:: Records supplied ::
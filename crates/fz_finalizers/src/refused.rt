//! The errors that calls return.

ghost use Rattle.std.specs.Prelude.{◌≡◌};

use std::alloc::AllocError;
use thiserror::Error;

/// Why a call of `Finalizers` was refused. A refused call changes no registration, link, ephemeron, cleanup or entry. It may have reserved room, or moved
/// entries in memory, which ends an iteration over roots.
#[derive(Clone, Copy, Debug, PartialEq, Eq, Error)]
pub enum Refused {
    /// Zero is neither an object nor a word.
    #[error("zero is no object, and no word")]
    Zero,
    /// All 2^48 registration numbers are used up.
    #[error("2^48 registrations have been numbered")]
    Exhausted,
    /// There are 2^32 of this kind already.
    #[error("there are 2^32 of this kind already")]
    Full,
    /// Out of memory. Returned only if no other cause of refusal applies.
    #[error("out of memory")]
    NoMemory,
    /// The entry isn't held.
    #[error("the entry isn't held")]
    NotHeld,
}

impl From<AllocError> for Refused {
    ghost use Rattle.fz_finalizers.specs.declared.refused.Refused.TheVariants.{NoMemory};

    ghost from_gives = { λ _ refused. refused ≡ NoMemory };

    fn from(_error: AllocError) -> Refused {
        Refused::NoMemory
    }
}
:::
§ What needs to be done
Where does "already" occur in the data? Copy each line that has it.

§ Task solution
    /// There are 2^32 of this kind already.
    #[error("there are 2^32 of this kind already")]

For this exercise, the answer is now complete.